_TASK GOAL_. How many lines in the entries below contain "items"? Answer with the number only.

/---

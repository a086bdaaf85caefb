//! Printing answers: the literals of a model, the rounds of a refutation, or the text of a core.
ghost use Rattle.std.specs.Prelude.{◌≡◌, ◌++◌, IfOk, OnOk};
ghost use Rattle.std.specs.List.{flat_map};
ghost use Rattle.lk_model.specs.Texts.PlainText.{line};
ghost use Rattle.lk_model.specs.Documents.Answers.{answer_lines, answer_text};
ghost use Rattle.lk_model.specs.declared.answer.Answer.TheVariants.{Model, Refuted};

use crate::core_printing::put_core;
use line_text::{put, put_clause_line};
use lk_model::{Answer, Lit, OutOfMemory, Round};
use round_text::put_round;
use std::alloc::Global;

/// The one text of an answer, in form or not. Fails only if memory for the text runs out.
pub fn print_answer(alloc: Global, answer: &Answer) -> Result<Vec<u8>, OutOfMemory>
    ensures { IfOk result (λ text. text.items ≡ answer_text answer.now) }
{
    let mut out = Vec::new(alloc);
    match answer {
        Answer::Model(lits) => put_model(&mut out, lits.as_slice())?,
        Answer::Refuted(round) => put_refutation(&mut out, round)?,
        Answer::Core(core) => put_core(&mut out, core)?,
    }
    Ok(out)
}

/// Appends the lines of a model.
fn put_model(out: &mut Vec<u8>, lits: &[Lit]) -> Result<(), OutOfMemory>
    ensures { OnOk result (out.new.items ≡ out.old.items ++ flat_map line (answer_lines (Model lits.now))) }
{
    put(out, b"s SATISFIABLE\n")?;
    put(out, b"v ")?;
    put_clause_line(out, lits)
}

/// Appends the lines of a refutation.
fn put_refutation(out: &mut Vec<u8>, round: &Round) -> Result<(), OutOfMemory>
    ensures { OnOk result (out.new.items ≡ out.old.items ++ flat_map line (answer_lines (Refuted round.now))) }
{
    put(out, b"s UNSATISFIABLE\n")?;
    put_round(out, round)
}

\---

_RESPONSE FOR THIS EXERCISE_. 3